On November 8, 1969, when I turned 6 years old I received my first bike (can't remember make or model, but it was one of many of children bikes that you see throughout the world at that time; I was kind of a late bloomer to biking -- more on that at some other time) and I remember that the New Port Richey bike police held classes at the New Port Richey Recreation Department on how to properly ride our bikes, which was with the traffic actually driving your bike. (Just as in this day and age with the Atlanta Bicycle Coalition's Confidant City Cycling you are instructed to do.)
Anyway, that's how I rode my bike and so did ALL kids and adults in New Port Richey driving with the same rights and responsibilities as car drivers with the traffic not against it.
But when I was about 13 or 14 years old, either in 1977 or 1978, a group of bullies down the street from where I lived tried to convince me that it was okay to ride your bike on the sidewalk (which it is not and even back then it was considered illegal in most states in the U.S. and in Canada.)
So, one day, a few days later because I was in a rush to go to the Potter's IGA on Main Stret to help either one of my sisters or mom with buying an ingredient they needed to make that night's dinner and after meeting up with those bullies who continued to insist that it was okay to ride your bike on the sidewalk -- I unwisely did that!
Well, imagine my surprise when the walkers on the sidewalk in downtown New Port Richey gave me very interesting and telling stares. But it got more interesting and a bit disturbing when New Port Richey police officer started following me in one of those blue cars of theirs. Then the police officer stopped me and cited me and warned me about how illegal it was to ride your bike on the sidewalk. Well, I immediately got off the sidewalk and started driving my bike on the road with the traffic on Main Street! (I also decided to never listen to those bullies, ever again!)
And then as time went along, both in New Port Richey, when I had to drive my bike elsewhere such as to St.
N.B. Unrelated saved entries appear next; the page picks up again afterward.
//! From the bytes of an object to a text and a status.

ghost use Rattle.std.specs.Prelude.{◌≡◌, OnOk, IfOk, Some};
ghost use Rattle.gw_step.specs.Job.{Alone, IsFinal};
ghost use Rattle.gw_object.specs.Grammar.{spelling};
ghost use Rattle.gw_answers.specs.Status.{end_status as ended_status, refusal_status};
ghost use Rattle.gw_answers.specs.Refusal.{refusal_line};
ghost use Rattle.gw_object.specs.Reading.{first_fault};
ghost use Rattle.gw_answers.specs.Answer.{verdict_of, job_made, job_of, object_of, accepted_line, Concludes, IsAnswer, IsCheck};
ghost use Rattle.gw_answers.specs.Assembly.{IsAssembly, IsPrinted, IsWorkOf};
ghost use Rattle.gw_answers.specs.Requests.{answers_to};
ghost use Rattle.gw_answers.specs.Finding.{FindsJob};

use crate::request::Request;
use crate::status::{ENDED, REFUSED};
use crate::{Acceptance, Refusal};
use gw_assemble::assemble;
use gw_object::{Fault, Memory, Object, codes};
use gw_object_bytes::{read, write};
use gw_report::report;
use gw_rules::Verified;
use gw_scan::{Sim, Spec, StartFault};
use gw_text::{Model, parse};
use gw_verify::verify;
use std::alloc::Global;

/// At most how many steps a run makes.
pub const BUDGET: u64 = 1_000_000_000;

/// A text to write, and the status to end with.
#[derive(Drop)]
pub struct Answer {
    pub text: Vec<u8>,
    pub status: u8,
}

/// Makes steps until a named end stands, in a job with this budget.
pub fn run_to_end(sim: &mut Sim) -> Result<(), Memory>
    requires { sim.old.job.budget ≡ BUDGET }
    ensures job { sim.new.job ≡ sim.old.job }
    ensures alone { Alone sim.new.job sim.new.state.steps sim.new.state }
    ensures over { OnOk result (IsFinal sim.new.state) }
{
    sim.run_slice(BUDGET as u32)?;
    Ok(())
}

/// The report of a job that has ended, and the status.
fn concluded(alloc: Global, sim: &Sim) -> Result<Answer, Memory>
    requires alone { Alone sim.now.job sim.now.state.steps sim.now.state }
    requires over { IsFinal sim.now.state }
    ensures { IfOk result (λ a. Concludes sim.now.job a.text.items a.status) }
{
    Ok(Answer {
        text: report(alloc, sim)?,
        status: ENDED,
    })
}

/// Runs a job to its end, and reports it.
fn run_and_report(alloc: Global, sim: &mut Sim) -> Result<Answer, Memory>
    requires budget { sim.old.job.budget ≡ BUDGET }
    ensures { IfOk result (λ a. Concludes sim.old.job a.text.items a.status) }
{
    run_to_end(sim)?;
    concluded(alloc, sim)
}

/// Runs a job to its end: the text that is to be written, and the status. `Err` where memory runs out.
pub fn answer_of_job(alloc: Global, spec: Spec) -> Result<Answer, Memory>
    requires { spec.budget ≡ BUDGET }
    ensures { IfOk result (λ a. Concludes spec a.text.items a.status) }
{
    match Sim::start(alloc, spec) {
        Ok(mut sim) => {
            let answer = run_and_report(alloc, &mut sim);
            drop(sim);
            answer
        }
        Err((spec, _)) => {
            drop(spec);
            Err(Memory)
        }
    }
}

/// The line of a refusal.
pub fn answer_refusal(alloc: Global, refusal: Refusal) -> Result<Answer, Memory>
    ensures { IfOk result (λ a. (a.text.items ≡ refusal_line refusal.0) × (a.status ≡ refusal_status)) }
{
    let line = format!(in alloc; "{refusal}\n")?;
    Ok(Answer {
        text: Vec::from_slice(alloc, line.as_bytes())?,
        status: REFUSED,
    })
}

/// Why an object has no job.
#[derive(Drop)]
pub enum NoJob {
    /// Something was refused.
    Refused(Refusal),
    /// Memory ran out.
    OutOfMemory,
}

/// Reads the object that the bytes spell.
fn object_in(alloc: Global, input: &[u8]) -> Result<Object, NoJob>
    ensures { FindsJob result (first_fault input.now) }
{
    match read(alloc, input) {
        Ok(object) => Ok(object),
        Err(fault) if fault.code == codes::MEMORY => Err(NoJob::OutOfMemory),
        Err(fault) => Err(NoJob::Refused(Refusal(fault))),
    }
}

/// Accepts an object, or refuses it.
fn verified_object(alloc: Global, object: Object) -> Result<Verified, NoJob>
    ensures { FindsJob result (verdict_of object) }
{
    match verify(alloc, object) {
        Ok(verified) => Ok(verified),
        Err((object, fault)) => {
            drop(object);
            if fault.code == codes::MEMORY {
                Err(NoJob::OutOfMemory)
            } else {
                Err(NoJob::Refused(Refusal(fault)))
            }
        }
    }
}

/// A job with this one seed and this count; 0 means the object's own.
pub(crate) fn spec_with(
    alloc: Global,
    verified: Verified,
    seed: u32,
    count: u64,
) -> Result<Spec, NoJob>
    ensures found { FindsJob result (job_made seed count verified) }
    ensures budget { IfOk result (λ spec. spec.budget ≡ BUDGET) }
{
    let given = [seed];
    let seeds: &[u32] = if seed == 0 { &[] } else { &given };
    match Spec::new(alloc, verified, seeds, count, BUDGET) {
        Ok(spec) => Ok(spec),
        Err((verified, StartFault::Memory)) => {
            drop(verified);
            Err(NoJob::OutOfMemory)
        }
        Err((verified, fault)) => {
            drop(verified);
            Err(NoJob::Refused(Refusal::from(fault)))
        }
    }
}

/// The job of the object that the bytes spell, with this one seed and this count; 0 means the object's own.
#[tactic(auto, unfolding(crate::specs::Answer::job_of))]
pub fn spec_of(alloc: Global, seed: u32, count: u64, input: &[u8]) -> Result<Spec, NoJob>
    ensures found { FindsJob result (job_of seed count input.now) }
    ensures budget { IfOk result (λ spec. spec.budget ≡ BUDGET) }
{
    let object = object_in(alloc, input)?;
    let verified = verified_object(alloc, object)?;
    spec_with(alloc, verified, seed, count)
}

/// The text that is to be written where these bytes are run with this seed and this count, and the status.
fn run_of(alloc: Global, seed: u32, count: u64, input: &[u8]) -> Result<Answer, Memory>
    ensures { IfOk result (λ a. IsAnswer seed count input.now a.text.items a.status) }
{
    match spec_of(alloc, seed, count, input) {
        Ok(spec) => answer_of_job(alloc, spec),
        Err(NoJob::Refused(refusal)) => answer_refusal(alloc, refusal),
        Err(NoJob::OutOfMemory) => Err(Memory),
    }
}

/// The accepted object that the bytes spell.
#[tactic(auto, unfolding(crate::specs::Answer::object_of))]
pub fn accepted_in(alloc: Global, input: &[u8]) -> Result<Verified, NoJob>
    ensures { FindsJob result (object_of input.now) }
{
    let object = object_in(alloc, input)?;
    verified_object(alloc, object)
}

/// The line of an accepted object, and the status.
pub fn answer_acceptance(alloc: Global, verified: &Verified) -> Result<Answer, Memory>
    ensures { IfOk result (λ a. (a.status ≡ ended_status) × (a.text.items ≡ accepted_line verified.now)) }
{
    let acceptance = Acceptance {
        blocks: verified.blocks(),
        procedures: verified.procedures(),
        weight: verified.heaviest(),
    };
    let line = format!(in alloc; "{acceptance}\n")?;
    Ok(Answer {
        text: Vec::from_slice(alloc, line.as_bytes())?,
        status: ENDED,
    })
}

/// The text that is to be written where these bytes are checked, and the status.
fn check_of(alloc: Global, input: &[u8]) -> Result<Answer, Memory>
    ensures { IfOk result (λ a. IsCheck input.now a.text.items a.status) }
{
    match accepted_in(alloc, input) {
        Ok(verified) => {
            let answer = answer_acceptance(alloc, &verified);
            drop(verified);
            answer
        }
        Err(NoJob::Refused(refusal)) => answer_refusal(alloc, refusal),
        Err(NoJob::OutOfMemory) => Err(Memory),
    }
}

/// The line of a refusal of a model text, or of its assembly; or that memory ran out.
fn refused_text(alloc: Global, fault: Fault) -> Result<Answer, Memory>
    ensures line { IfOk result (λ a. (a.status ≡ refusal_status) × (a.text.items ≡ refusal_line fault)) }
    ensures printed { OnOk result (IsPrinted fault) }
{
    match fault.code {
        codes::MEMORY => Err(Memory),
        _ => answer_refusal(alloc, Refusal(fault)),
    }
}

/// The spelling of an accepted object, and the status.
fn spelled(alloc: Global, verified: &Verified) -> Result<Answer, Memory>
    ensures { IfOk result (λ a. (a.status ≡ ended_status) × (a.text.items ≡ spelling verified.now)) }
{
    Ok(Answer {
        text: write(alloc, verified.object())?,
        status: ENDED,
    })
}

/// What the statements of a model text come to, and the status.
fn work_of(alloc: Global, model: &Model) -> Result<Answer, Memory>
    ensures { IfOk result (λ a. IsWorkOf model.now.statements.items a.text.items a.status) }
{
    match assemble(alloc, model) {
        Ok(verified) => {
            let answer = spelled(alloc, &verified);
            drop(verified);
            answer
        }
        Err(fault) => refused_text(alloc, fault),
    }
}

/// The text that is to be written where these bytes are assembled, and the status.
fn assembly_of(alloc: Global, input: &[u8]) -> Result<Answer, Memory>
    ensures { IfOk result (λ a. IsAssembly input.now a.text.items a.status) }
{
    match parse(alloc, input) {
        Ok(model) => {
            let answer = work_of(alloc, &model);
            drop(model);
            answer
        }
        Err(fault) => refused_text(alloc, fault),
    }
}

/// The text that is to be written for a request and these bytes, and the status.
pub fn answer_to(alloc: Global, request: Request, input: &[u8]) -> Result<Answer, Memory>
    ensures { IfOk result (λ a. answers_to request input.now a.text.items a.status) }
{
    match request {
        Request::Asm => assembly_of(alloc, input),
        Request::Check => check_of(alloc, input),
        Request::Run { seed, count } => run_of(alloc, seed, count, input),
    }
}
Petersburg Junior College in Tarpon Springs one time (10 miles from home), when I was going to the University of South Florida in Tampa, when we moved later to Decatur, GA and then for a brief amount of time when we moved to the Northlake area of Atlanta I never ever again rode my bike on a sidewalk -- up to the summer of 1997 when I did have to give it up for awhile (see first post by me.)
And when I walked, which I still do, and sometime had to and wanted to do even as I continued to drive my bike -- whenver I walked on the sidewalk and also then saw a bike rider ride the sidewalk from my experience with the New Port Richey officer back in 1977/78, I decided that I'd tell those folks riding their bike on sidewalks, "That this wasn't a 'siderideyourbike'!" Creating my own new compound word, 'siderideyourbike' which was a bunch of nonsense and quite illegal, since they are 'sidewalks' -- your suppose to walk on them folks! (Of course, there is the alternative compound word: 'sideparkyourcar' to describe the annoyance of seeing a car parked illegal on a sidewalk!)
Well, here I go starting a blog.
It was suggested by Jett Marks that I start a blog, so here I go. Whether anyone reads it or not is a different question. I have a lot of different interests and some that I don't know whether I should post or not. I think I will open it up by saying I'm trying to get back into non-motorized bike riding (not racing) after an absense of 13 years and it seems that I'm not always finding that people are opening to me about in honesty in the Atlanta area about bike riding and that can be kind of annoying especially for someone who had a major bike accident caused by a hit and run driver when I was 21-years old.